One setting most admins get caught off-guard is vSwitch Failback setting in combination with HA. If the management network vSwitch is configured with Active/Standby NICs and the HA isolation response is set to “Shutdown” VM or “Power-off” VM it is advised to set the vSwitch Failback mode to No. If left at default (Yes), all the ESX hosts in the cluster or entire virtual infrastructure might issue an Isolation response if one of the management network physical switches is rebooted. Here’s why:
Just a quick rehash:
Active\Standby
One NIC (vmnic0) is assigned as active to the management\service console portgroup, the second NIC (vmnic1) is configured as standby. The vMotion portgroup is configured with the first NIC (vmnic0) in standby mode and the second NIC as Active (vmnic1).
Failback
The Failback setting determines if the VMkernel will return the uplink (NIC) to active duty after recovery of a downed link or failed NIC. If the Failback setting is set to Yes the NIC will return to active duty, when Failback is set to No the failed NIC is assigned the Standby role and the administrator must manually reconfigure the NIC to the active state.

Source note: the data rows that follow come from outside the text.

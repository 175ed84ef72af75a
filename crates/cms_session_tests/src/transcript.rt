// Transcripts, and whether sessions are as these say.
use crate::session::ended_with;
use crate::volumes::{WORDS, YEAR_2000, image, world_at};
use cms_cases::{Report, written_out};
use cms_images::image_left;
use cms_session::Status;
use cms_world::MemWorld;
use std::alloc::Global;
use std::process::Abort;
use std::test::Fail;

/// A session as it should be: the script, what is typed, and the words under which it is handed extensions.
#[derive(Drop)]
pub struct Transcript {
    pub script: Report,
    pub typed: Report,
    pub handed: Report,
}

impl Transcript {
    // Adds what a line says, where the procedure of this name began last.
    fn push(&mut self, procedure: &str, line: &str) {
        if let Some(text) = line.strip_prefix("| ") {
            writeln!(
                self.script,
                "EXECIO 1 DISKW {procedure} EXEC A (STRING {text}"
            );
            self.typed.push_str("R;\n")
        } else if let Some(words) = line.strip_prefix("+ ") {
            self.handed.push_str(words)
        } else if let Some(asked) = line.strip_prefix("> ") {
            writeln!(self.script, "{asked}")
        } else if let Some(last) = line.strip_prefix(">> ") {
            self.script.push_str(last)
        } else if !is_told(line) {
            writeln!(self.typed, "{line}")
        }
    }

    // Adds what the lines of a text say.
    fn push_lines(&mut self, text: &str) {
        let mut procedure = "";
        for line in text.lines() {
            match line.strip_prefix("@ ") {
                Some(name) => procedure = name,
                None => self.push(procedure, line),
            }
        }
    }

    /// What a text says: a line behind a sign for more is one of the script, and behind two of them the script's end, which no line feed
    /// ends. Behind an at sign stands the name of a procedure, and behind a bar each of its lines, which a line of the script writes, with
    /// its ready line. Behind a plus sign stand the words of extensions. The others are typed, but for those that tell of the session
    /// itself.
    pub fn of(alloc: Global, text: &str) -> Transcript {
        let mut transcript = Transcript {
            script: Report::new(alloc),
            typed: Report::new(alloc),
            handed: Report::new(alloc),
        };
        transcript.push_lines(text);
        transcript
    }
}

// Before how a session ends: its status, and as far as they are told its calls of the world, the units that are attached, and the events.
const ENDING: &str = "! ";

// Before the number of a call of the world that fails, behind which stands `landed` where its write lands.
const PLAN: &str = "^ ";

// Before the name of the image that the session leaves of its first unit.
const LEFT: &str = "= ";

// Before the second at which the clock starts, behind 1970-01-01 00:00:00.
const CLOCK: &str = "~ ";

// Whether a line tells of the session itself.
fn is_told(line: &str) -> bool {
    for sign in [ENDING, PLAN, LEFT, CLOCK] {
        if line.starts_with(sign) {
            return true;
        }
    }
    false
}

// What stands in the first line behind this sign; nothing where no line has it.
fn line_behind<'a>(text: &'a str, sign: &str) -> &'a str {
    for line in text.lines() {
        if let Some(told) = line.strip_prefix(sign) {
            return told;
        }
    }
    ""
}

// The second at which the clock starts: the first of the year 2000 where none is told.
fn start(text: &str) -> i64 {
    match line_behind(text, CLOCK) {
        "" => YEAR_2000,
        told => told.parse().unwrap_or(0),
    }
}

// Plans the call that fails.
fn plan<R: Abort>(rt: &R, world: &mut MemWorld, told: &str) {
    let (call, landing) = told.split_once(" ").unwrap_or((told, ""));
    if let Ok(call) = call.parse() {
        world
            .fail_at(call, landing == "landed")
            .expect(rt, "memory")
    }
}

// Whether a session ended as is told: by default it came to the end of its script.
fn ends_as(ended: &str, told: &str) -> bool {
    let told = if told.is_empty() { "Done" } else { told };
    match ended.strip_prefix(told) {
        Some(rest) => rest.starts_with(" "),
        None => false,
    }
}

/// Bytes as a text, where they are one.
pub fn text_of(bytes: &[u8]) -> &str {
    match str::from_utf8(bytes) {
        Ok(text) => text,
        Err(_) => "no text",
    }
}

// Tells how a session ended: its status, its calls of the world, the units, and the events, each with a blank behind it.
fn push_end(into: &mut Report, status: Status, world: &MemWorld) {
    let calls = text_of(world.calls());
    write!(
        into,
        "{status:?} {calls} {} {} ",
        world.units(),
        world.events()
    )
}

/// Adds how a session ends that isn't as its transcript says, its script and what it types, behind what it is; nothing where it is so.
pub fn push_differs<R: Abort>(
    into: &mut Report,
    rt: &R,
    alloc: Global,
    (what, words): (&str, &str),
    world: &mut MemWorld,
    transcript: &Transcript,
    ending: &str,
) {
    let status = ended_with(rt, alloc, words, transcript.handed.text(), world);
    let mut told = Report::new(alloc);
    push_end(&mut told, status, world);
    let is_typed = world.typed() == transcript.typed.text().as_bytes();
    if !ends_as(told.text(), ending) || !is_typed {
        let (script, typed) = (transcript.script.text(), text_of(world.typed()));
        write!(into, "{what}: {}\n{script}\n{typed}", told.text())
    }
}

// Adds the name of the image that the session didn't leave; nothing where it did so, and where no image is named.
fn push_left<R: Abort>(into: &mut Report, rt: &R, alloc: Global, world: &MemWorld, name: &str) {
    if name.is_empty() {
        return;
    }
    let left = image_left(alloc, world, world.events(), 0).expect(rt, "memory");
    if left != image(alloc, name).expect(rt, "memory") {
        into.push_str(name)
    }
}

// Adds what of a session isn't as its text says, behind its images and its words.
fn push_session<R: Abort>(into: &mut Report, rt: &R, alloc: Global, head: &str, text: &str) {
    let (images, words) = head.split_once(": ").unwrap_or((head, WORDS));
    let transcript = Transcript::of(alloc, text);
    let mut world = world_at(rt, alloc, images, transcript.script.text(), start(text));
    plan(rt, &mut world, line_behind(text, PLAN));
    let ending = line_behind(text, ENDING);
    push_differs(
        into,
        rt,
        alloc,
        (head, words),
        &mut world,
        &transcript,
        ending,
    );
    push_left(into, rt, alloc, &world, line_behind(text, LEFT));
    drop(world)
}

// Adds what the first session does that isn't as its transcript says; nothing where all are so.
fn push_sessions<R: Abort>(into: &mut Report, rt: &R, alloc: Global, transcripts: &str) {
    for part in transcripts.split("# ") {
        if let Some((head, text)) = part.split_once("\n")
            && into.text().is_empty()
        {
            push_session(into, rt, alloc, head, text);
        }
    }
}

/// The sessions of all tables are as their transcripts say. Each stands behind a line with the names of its images and, behind a colon, the
/// program's words where they aren't [`WORDS`]. A piece in braces, with a star and a number behind it, stands for so many of it.
pub fn check_sessions<R: Abort>(rt: &R, alloc: Global, tables: &[&str]) -> Result<(), Fail> {
    let mut differing = Report::new(alloc);
    for transcripts in tables {
        let transcripts = written_out(alloc, transcripts);
        push_sessions(&mut differing, rt, alloc, transcripts.text());
    }
    passed(differing.text())
}

/// A test has passed where nothing differs; else it fails by what does.
pub fn passed(differing: &str) -> Result<(), Fail> {
    if differing.is_empty() {
        return Ok(());
    }
    Err(Fail::new(differing))
}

Effect of Failback yes setting on environment
When using the default setting of Failback unexpected behavior can occur during maintenance of a physical switch. Most switches, like those from Cisco, initiate the port after boot, so called Lights on. The port is active but is still unable to receive or transmitting data. The process from Lights-on to forwarding mode can take up to 50 seconds; unfortunately ESX is not able to distinguish between Lights-on status and forwarding mode, there for treating the link as usable and will return the NIC to active status again.
High Availability will proceed to transmit heartbeats and expect to receive heartbeats, after missing 13 seconds of heartbeats HA will try to ping its Isolation Address, due to the specified Isolation respond it will shut down or power-off the virtual machines two seconds later to allow other ESX hosts to power-up the virtual machines. But because it is common – recommended even – to configure each host in the cluster in an identical manner, each active NIC used by the management network of every ESX host connect to the same physical switch. Due to this design, once the switch is booted, a cluster wide Isolation response occurs resulting in a cluster wide outage.
To allow switch maintenance, it’s better to set the vSwitch failback mode to No. Selecting this setting introduces an increase of manual operations after failure or certain maintenance operations, but will reduce the change of “false positives” and cluster-wide isolation responses.